Productivity is one of the most closely watched indicators of long-term economic prospects. Rising productivity is the key to making possible permanent increases in the standard of living. In Productivity Growth in the 1990s: Technology, Utilization, or Adjustment (NBER Working Paper No. 8359), authors Susanto Basu, John Fernald, and Matthew Shapiro present new estimates of the role of technological change in creating the unusual increases in measured productivity during the second half of the 1990s.

Changes in technology are the only source of permanent increases in productivity, but a number of transient factors can affect both true and "measured" productivity. For example, workers may work harder during periods of high demand and firms may use their capital assets more intensively by running factories for extra shifts; both factors can lead measured productivity to be too high relative to actual technological progress. Similarly, during periods of high demand, productivity can rise because firms take advantage of increasing returns to scale; the authors argue that this effect is not permanent and should be discounted when measuring long-run technical change. The strength of the latest economic expansion in the second half of 1990s has led many commentators to argue that the rapid increases in measured productivity during that period were attributable to bad measurement or to temporary factors of this type.

The expansion that began in the 1990s also is distinguished by a large and long-lasting increase in business investment. Although labor force employment, labor force participation, and rates of unemployment have been comparable to what occurred in earlier expansions, the share of investment in information technology rose from a baseline of roughly 3 percent of GDP in the late 1980s to almost 6 percent of GDP by 1999. The authors suggest that this unusually rapid rate of investment actually may lead measured productivity growth to understate the underlying rate of technical change -- because rapid capital investment disrupts firms' ability to produce output, for example because their workers often are diverted from their normal tasks to install new equipment and learn to use it effectively. These "adjustment costs" lower output growth, and thus lower measured productivity growth as well.

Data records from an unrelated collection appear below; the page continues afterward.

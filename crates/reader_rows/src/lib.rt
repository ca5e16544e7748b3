//! Reads the texts of rows, and tells each row and below it what came of it. The program worked_rows runs it on the rows of
//! data/trials/definitions.
//!
//! A line is a field and its value, a text with the escapes of `row_texts`:
//!
//! - `text TEXT` reads definitions: each with its line and its tree, or the line and the reason of their fault;
//! - `entry TEXT` reads an expression as an entry of a lexicon has one, here in line 7;
//! - `again TEXT` reads an expression, prints its tree and reads that again. Such a row is only told where the tree
//!   isn't the same then; how many are is told at the end. `bench/expressions.py` writes these rows.
//!
//! An empty line, and one that begins with `#`, says nothing; a line with another field is told.
#![tactic(auto)]

mod again;
mod print;
mod reading;

use crate::again::is_same_again;
use crate::reading::{said_of_entry, said_of_text};
use row_texts::{add_line, add_row, undone};
use std::alloc::{AllocError, Global};

/// The most bytes of a text that is read.
const MOST_READ: usize = 1_000_000;

/// How many rows `again` there were, and how many of their trees stayed the same.
#[derive(Drop)]
struct Trees {
    /// How many were read.
    read: u64,
    /// How many were the same again.
    same: u64,
}

/// Does what a row says. Returns what came of it, if that is to be told.
fn obey(alloc: Global, trees: &mut Trees, row: &str) -> Result<Option<String>, AllocError> {
    let (field, value) = row.split_once(' ').unwrap_or((row, ""));
    let bytes = undone(alloc, value)?;
    let Ok(text) = std::str::from_utf8(&bytes) else {
        return Ok(Some(String::from_str(alloc, "no text")?));
    };
    match field {
        "text" => Ok(Some(said_of_text(alloc, text)?)),
        "entry" => Ok(Some(said_of_entry(alloc, text)?)),
        "again" => print_again(alloc, trees, text),
        "" | "#" => Ok(None),
        _ => Ok(Some(String::from_str(alloc, "no such field")?)),
    }
}

/// Counts an expression. Returns a message where its tree doesn't stay the same.
fn print_again(alloc: Global, trees: &mut Trees, text: &str) -> Result<Option<String>, AllocError> {
    trees.read = trees.read.saturating_add(1);
    if is_same_again(alloc, text)? {
        trees.same = trees.same.saturating_add(1);
        return Ok(None);
    }
    Ok(Some(String::from_str(alloc, "not the same tree again")?))
}

/// What came of the rows of a text: each row with what came of it below, and how many trees stayed the same.
///
/// # Errors
///
/// Where there was no memory.
pub fn said_of_rows(alloc: Global, rows: &str) -> Result<String, AllocError> {
    let mut told = String::new(alloc);
    let mut trees = Trees { read: 0, same: 0 };
    'rows: for row in rows.lines() {
        if let Some(outcome) = obey(alloc, &mut trees, row)? {
            add_row(
                &mut told,
                row,
                format!(in alloc; "    {}", outcome.as_str())?.as_str(),
            )?;
        }
    }
    let counts = format!(in alloc;
        "{} of {} trees are the same when they are printed and read again",
        trees.same, trees.read
    )?;
    add_line(&mut told, counts.as_str())?;
    Ok(told)
}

Controlling for this range of confounding effects, the authors find that the strong performance of productivity growth in the second half of the 1990s was in fact attributable to accelerating technical change, not to poor measurement or to temporary factors. They find that in the first half of the 1990s, true technology grew at an annual rate of 1.2 percent, but this rate rose to 3.1 percent for the 1995-9 period. In fact, the rate of technical change over 1995-9 exceeded even the measured growth rate of 2.5 percent, because of the temporary damping effect of higher investment on productivity growth noted above.

In the aggregate, the authors conclude, there is "evidence of a substantial increase in the pace of technological change in the latter half of the 1990s." More intensive use of capital and labor accounted for some of the increase in measured productivity in the first half of the 1990s, but that utilization was flat or declining over the second half. Adjustment costs masked a substantial fraction of the increases in true technology that occurred in the second half of the 1990s.

These results also suggest that productivity increases were distributed widely, if unevenly. Durable manufacturing experienced the fastest rate of technology growth and its largest acceleration, with increases of over 6 percent per year during the second half of the 1990s. Technological growth in the private non-manufacturing sector--which includes the large and important service sector--increased from 0.9 percent to 2.7 percent over the same period. In non-durable manufacturing, however, technology growth was "very slow," although the authors suggest that this result may arise from data problems at the end of the sample.